Japan's households tighten purse strings as sales tax, typhoon hit
Japan Today -- Dec 07
Japanese households cut their spending for the first time in almost a year in October as a sales tax hike prompted consumers to rein in expenses and natural disasters disrupted business.

Household spending dropped 5.1% in October from a year earlier, government data showed on Friday, down for the first time in 11 months and the biggest fall since March 2016 when spending fell 5.3%. It was also weaker than the median forecast for a 3.0% decline.

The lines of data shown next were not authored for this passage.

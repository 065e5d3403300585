/// What is printed of a tree.
#[derive(Clone, Copy, Debug, PartialEq, Eq)]
pub enum Print {
    /// The tree as it was read, and then its counts.
    Whole,
    /// Its dead nodes, and how many they are.
    Dead,
}
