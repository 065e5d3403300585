ghost use Rattle.std.specs.Prelude.{◌≡◌, IfOk};

use crate::scripts::share_script;
use base_texts::NoMemory;
use spec_tree::Guards;

/// The guards once more. Their scripts are not copied. The error is want of memory.
pub fn share_guards(guards: &Guards) -> Result<Guards, NoMemory>
    ensures { IfOk result (λ shared. shared ≡ guards.now) }
{
    Ok(Guards {
        failure_if: share_script(&guards.failure_if)?,
        success_if: share_script(&guards.success_if)?,
        skip_if: share_script(&guards.skip_if)?,
        while_true: share_script(&guards.while_true)?,
        on_success: share_script(&guards.on_success)?,
        on_failure: share_script(&guards.on_failure)?,
        post: share_script(&guards.post)?,
        on_halted: share_script(&guards.on_halted)?,
    })
}
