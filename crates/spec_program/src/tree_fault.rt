use spec_tree_file::{BuildFault, ElementFault, ManifestFault};

/// Why a tree file is refused.
#[derive(Debug, Drop)]
pub enum TreeFault {
    /// Its bytes spell no element.
    Elements(ElementFault),
    /// Its node models can't be read.
    Manifest(ManifestFault),
    /// Its elements are no tree.
    Build(BuildFault),
}
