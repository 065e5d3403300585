//! Leaves that are told what they answer: what is told, when it counts, and what is written of it.

use crate::compare::compare_rows;
use std::test::Fail;

const TOLD_WHILE_RUNNING: &str = "\
tick 1 at 0
node 1 IDLE RUNNING
call 2 start RUNNING
node 2 IDLE RUNNING
root 1 RUNNING
tell 1 2 SUCCESS at 0
tick 1 at 0
call 2 running SUCCESS
node 2 RUNNING SUCCESS
node 2 SUCCESS IDLE
node 1 RUNNING SUCCESS
root 1 SUCCESS
node 1 SUCCESS IDLE
finish 1 at 0
Done";

/// An action may be told before it starts; what it was told is used up by its first call.
const TOLD_BEFORE: &str = "\
tell 1 2 SUCCESS at 0
tick 1 at 0
node 1 IDLE RUNNING
call 2 start SUCCESS
node 2 IDLE SUCCESS
node 2 SUCCESS IDLE
node 1 RUNNING SUCCESS
root 1 SUCCESS
node 1 SUCCESS IDLE
tick 1 at 0
node 1 IDLE RUNNING
call 2 start RUNNING
node 2 IDLE RUNNING
root 1 RUNNING
finish 1 at 0
call 2 halted
node 2 RUNNING IDLE
node 1 RUNNING IDLE
Done";

/// A halt of what runs forgets what it was told.
const TOLD_THEN_HALTED: &str = "\
tick 1 at 0
node 1 IDLE RUNNING
call 2 start RUNNING
node 2 IDLE RUNNING
root 1 RUNNING
tell 1 2 SUCCESS at 0
halt 1 at 0
call 2 halted
node 2 RUNNING IDLE
node 1 RUNNING IDLE
tick 1 at 0
node 1 IDLE RUNNING
call 2 start RUNNING
node 2 IDLE RUNNING
root 1 RUNNING
finish 1 at 0
call 2 halted
node 2 RUNNING IDLE
node 1 RUNNING IDLE
Done";

/// A halt of what does not run calls no driver, so what was told stays.
const TOLD_BEFORE_A_HALT: &str = "\
tell 1 2 FAILURE at 0
halt 1 at 0
tick 1 at 0
node 1 IDLE RUNNING
call 2 start FAILURE
node 2 IDLE FAILURE
node 2 FAILURE IDLE
node 1 RUNNING FAILURE
root 1 FAILURE
node 1 FAILURE IDLE
finish 1 at 0
Done";

/// What is told last counts.
const TOLD_TWICE: &str = "\
tick 1 at 0
node 1 IDLE RUNNING
call 2 start RUNNING
node 2 IDLE RUNNING
root 1 RUNNING
tell 1 2 SUCCESS at 1
tell 1 2 FAILURE at 2
tick 1 at 3
call 2 running FAILURE
node 2 RUNNING FAILURE
node 2 FAILURE IDLE
node 1 RUNNING FAILURE
root 1 FAILURE
node 1 FAILURE IDLE
finish 1 at 3
Done";

/// An action that is told how it ended.
#[test]
fn an_action_ends_as_it_is_told(rt: HostRuntime) -> Result<(), Fail> {
    compare_rows(
        &rt,
        rt.alloc(),
        &[
            (
                "<Sequence><A/></Sequence>",
                "action A told / tick 1 / tell 1 2 SUCCESS / tick 1",
                TOLD_WHILE_RUNNING,
            ),
            (
                "<Sequence><A/></Sequence>",
                "action A told / tell 1 2 SUCCESS / tick 1 / tick 1",
                TOLD_BEFORE,
            ),
            (
                "<Sequence><A/></Sequence>",
                "action A told / tick 1 / tell 1 2 SUCCESS / halt 1 / tick 1",
                TOLD_THEN_HALTED,
            ),
            (
                "<Sequence><A/></Sequence>",
                "action A told / tell 1 2 FAILURE / halt 1 / tick 1",
                TOLD_BEFORE_A_HALT,
            ),
            (
                "<Sequence><A/></Sequence>",
                "action A told / tick 1 / at 1 / tell 1 2 SUCCESS / at 2 / tell 1 2 FAILURE / at 3 / tick 1",
                TOLD_TWICE,
            ),
        ],
    )?;
    Ok(())
}

/// A condition keeps what it is told, over ticks and halts, until it is told anew.
const SENSED: &str = "\
tick 1 at 0
node 1 IDLE RUNNING
call 2 start FAILURE
node 2 IDLE FAILURE
node 2 FAILURE IDLE
node 1 RUNNING FAILURE
root 1 FAILURE
node 1 FAILURE IDLE
tell 1 2 SUCCESS at 0
tick 1 at 0
node 1 IDLE RUNNING
call 2 start SUCCESS
node 2 IDLE SUCCESS
call 3 start RUNNING
node 3 IDLE RUNNING
node 2 SUCCESS IDLE
root 1 RUNNING
tick 1 at 10
call 2 start SUCCESS
node 2 IDLE SUCCESS
call 3 running RUNNING
node 2 SUCCESS IDLE
root 1 RUNNING
halt 1 at 10
call 3 halted
node 3 RUNNING IDLE
node 1 RUNNING IDLE
tick 1 at 20
node 1 IDLE RUNNING
call 2 start SUCCESS
node 2 IDLE SUCCESS
call 3 start RUNNING
node 3 IDLE RUNNING
node 2 SUCCESS IDLE
root 1 RUNNING
tell 1 2 FAILURE at 20
tick 1 at 20
call 2 start FAILURE
node 2 IDLE FAILURE
node 2 FAILURE IDLE
call 3 halted
node 3 RUNNING IDLE
node 1 RUNNING FAILURE
root 1 FAILURE
node 1 FAILURE IDLE
finish 1 at 20
Done";

/// A condition answers what it was told last.
#[test]
fn a_condition_answers_as_it_is_told(rt: HostRuntime) -> Result<(), Fail> {
    compare_rows(
        &rt,
        rt.alloc(),
        &[(
            "<ReactiveSequence><C/><B/></ReactiveSequence>",
            "condition C told / action B timed 300 / tick 1 / tell 1 2 SUCCESS / tick 1 / at 10 / tick 1 / halt 1 / at 20 / tick 1 / tell 1 2 FAILURE / tick 1",
            SENSED,
        )],
    )?;
    Ok(())
}

/// Of two leaves of one ID each ends as it is told itself.
const ONE_OF_TWO: &str = "\
tick 1 at 0
node 1 IDLE RUNNING
call 2 start RUNNING
node 2 IDLE RUNNING
call 3 start RUNNING
node 3 IDLE RUNNING
root 1 RUNNING
tell 1 3 SUCCESS at 0
tick 1 at 0
call 2 running RUNNING
call 3 running SUCCESS
node 3 RUNNING SUCCESS
root 1 RUNNING
tell 1 2 SUCCESS at 0
tick 1 at 0
call 2 running SUCCESS
node 2 RUNNING SUCCESS
node 2 SUCCESS IDLE
node 3 SUCCESS IDLE
node 1 RUNNING SUCCESS
root 1 SUCCESS
node 1 SUCCESS IDLE
finish 1 at 0
Done";

/// Of two runners each is told by itself.
const OWN_RUNNER: &str = "\
tick 1 at 0
call 1 start RUNNING
node 1 IDLE RUNNING
root 1 RUNNING
tick 2 at 0
call 1 start RUNNING
node 1 IDLE RUNNING
root 2 RUNNING
tell 2 1 FAILURE at 0
tick 1 at 0
call 1 running RUNNING
root 1 RUNNING
tick 2 at 0
call 1 running FAILURE
node 1 RUNNING FAILURE
root 2 FAILURE
node 1 FAILURE IDLE
finish 1 at 0
call 1 halted
node 1 RUNNING IDLE
finish 2 at 0
Done";

/// A fault of one runner quenches what another one was told, and is followed by nothing.
const FORGOTTEN: &str = "\
tick 2 at 0
node 1 IDLE RUNNING
call 2 start RUNNING
node 2 IDLE RUNNING
root 2 RUNNING
tell 2 2 SUCCESS at 0
tell 1 2 SUCCESS at 0
tick 1 at 0
node 1 IDLE RUNNING
call 2 start SUCCESS
node 2 IDLE SUCCESS
fault 1 3 ZeroDivisor
quench 2 2
Fault";

/// Leaves and runners that are told apart.
#[test]
fn leaves_are_told_apart(rt: HostRuntime) -> Result<(), Fail> {
    compare_rows(
        &rt,
        rt.alloc(),
        &[
            (
                "<Parallel><A/><A/></Parallel>",
                "action A told / tick 1 / tell 1 3 SUCCESS / tick 1 / tell 1 2 SUCCESS / tick 1",
                ONE_OF_TWO,
            ),
            (
                "<A/>",
                "runners 2 / action A told / tick 1 / tick 2 / tell 2 1 FAILURE / tick 1 / tick 2",
                OWN_RUNNER,
            ),
            (
                "<Sequence><A/><Script code=\"x := 1/0\"/></Sequence>",
                "runners 2 / action A told / tick 2 / tell 2 2 SUCCESS / tell 1 2 SUCCESS / tick 1 / tick 2",
                FORGOTTEN,
            ),
        ],
    )?;
    Ok(())
}

/// Both values that are told are printed as changed, in the order of the keys.
const BOTH_WRITTEN: &str = "\
tick 1 at 0
node 1 IDLE RUNNING
call 2 start RUNNING
node 2 IDLE RUNNING
root 1 RUNNING
tell 1 2 SUCCESS at 0
tick 1 at 0
call 2 running SUCCESS
node 2 RUNNING SUCCESS
node 2 SUCCESS IDLE
node 1 RUNNING SUCCESS
root 1 SUCCESS
node 1 SUCCESS IDLE
board 1 0 low 3
board 1 0 said 'a b'
finish 1 at 0
Done";

/// Values for a port without a key, for one that is given a literal and for none, and those that are not told.
const SOME_WRITTEN: &str = "\
tell 1 1 SUCCESS at 0
tick 1 at 0
call 1 start SUCCESS
node 1 IDLE SUCCESS
root 1 SUCCESS
node 1 SUCCESS IDLE
board 1 0 k -9223372036854775808
tick 1 at 0
call 1 start RUNNING
node 1 IDLE RUNNING
root 1 RUNNING
tell 1 1 SUCCESS at 0
tick 1 at 0
call 1 running SUCCESS
node 1 RUNNING SUCCESS
root 1 SUCCESS
node 1 SUCCESS IDLE
board 1 0 m ''
finish 1 at 0
Done";

/// Of two outputs with one key the one of the later `out` line is left, whatever the order in which they are told.
const LATER_LINE: &str = "\
tell 1 1 SUCCESS at 0
tick 1 at 0
call 1 start SUCCESS
node 1 IDLE SUCCESS
root 1 SUCCESS
node 1 SUCCESS IDLE
board 1 0 k 2
finish 1 at 0
Done";

/// Values are written before the script that follows the answer.
const BEFORE_THE_SCRIPT: &str = "\
tell 1 1 SUCCESS at 0
tick 1 at 0
call 1 start SUCCESS
node 1 IDLE SUCCESS
root 1 SUCCESS
node 1 SUCCESS IDLE
board 1 0 k 5
board 1 0 twice 10
finish 1 at 0
Done";

/// What a text may hold, as it is told and as it is printed.
const ESCAPED: &str = "\
tell 1 1 SUCCESS at 0
tick 1 at 0
call 1 start SUCCESS
node 1 IDLE SUCCESS
root 1 SUCCESS
node 1 SUCCESS IDLE
board 1 0 k 'it\\'s \\\\ \\n\\x00\\x1f ~'
finish 1 at 0
Done";

/// Values that are told with SUCCESS.
#[test]
fn values_are_written_as_outputs(rt: HostRuntime) -> Result<(), Fail> {
    compare_rows(
        &rt,
        rt.alloc(),
        &[
            (
                "<Sequence><A note=\"{said}\" level=\"{low}\"/></Sequence>",
                "action A told / out note / out level / tick 1 / tell 1 2 SUCCESS level=3 note='a b' / tick 1",
                BOTH_WRITTEN,
            ),
            (
                "<A a=\"{k}\" b=\"7\" d=\"{m}\"/>",
                "action A told / out a / out b / out c / out d / tell 1 1 SUCCESS b=1 c=2 a=-9223372036854775808 / tick 1 / tick 1 / tell 1 1 SUCCESS d='' / tick 1",
                SOME_WRITTEN,
            ),
            (
                "<A a=\"{k}\" b=\"{k}\"/>",
                "action A told / out a / out b / tell 1 1 SUCCESS b=2 a=1 / tick 1",
                LATER_LINE,
            ),
            (
                "<A a=\"{k}\" _onSuccess=\"twice := k * 2\"/>",
                "action A(a) told / out a / tell 1 1 SUCCESS a=5 / tick 1",
                BEFORE_THE_SCRIPT,
            ),
            (
                "<A a=\"{k}\"/>",
                "action A told / out a / tell 1 1 SUCCESS a='it\\'s \\\\ \\n\\x00\\x1f ~' / tick 1",
                ESCAPED,
            ),
        ],
    )?;
    Ok(())
}
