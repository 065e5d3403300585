/// The options that a command may have.
#[derive(Clone, Copy)]
pub enum Options {
    /// `--main`
    Main,
    /// `--main` and `--ticks`
    Rounds,
    /// `--expand`, `--ticks` and `--period`
    Limits,
}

That marked a sharp reversal from the 9.5% jump in September, the fastest growth on record as consumers rushed to buy goods before the Oct. 1 sales tax hike from 8% to 10%.

“Not only is the sales tax hike hurting consumer spending but impacts from the typhoon also accelerated the decline in the spending,” said Taro Saito, executive research fellow at NLI Research Institute.

“We expect the economy overall and consumer spending will contract in the current quarter and then moderately pick up January-March but such recovery won’t be strong enough.”

Household spending fell 4.6% in April 2014 when Japan last raised the sales tax to 8% from 5%. It took more than a year for the sector to return to growth.

Compared with the previous month, household spending fell 11.5% in October, the fastest drop since April 2014, a faster decline than the median 9.8% forecast.

Analysts said a powerful typhoon in October, which lashed wide swathes of Japan with heavy rain, also played a factor in the downbeat data. Some shops and restaurants closed during the storm and consumers stayed home.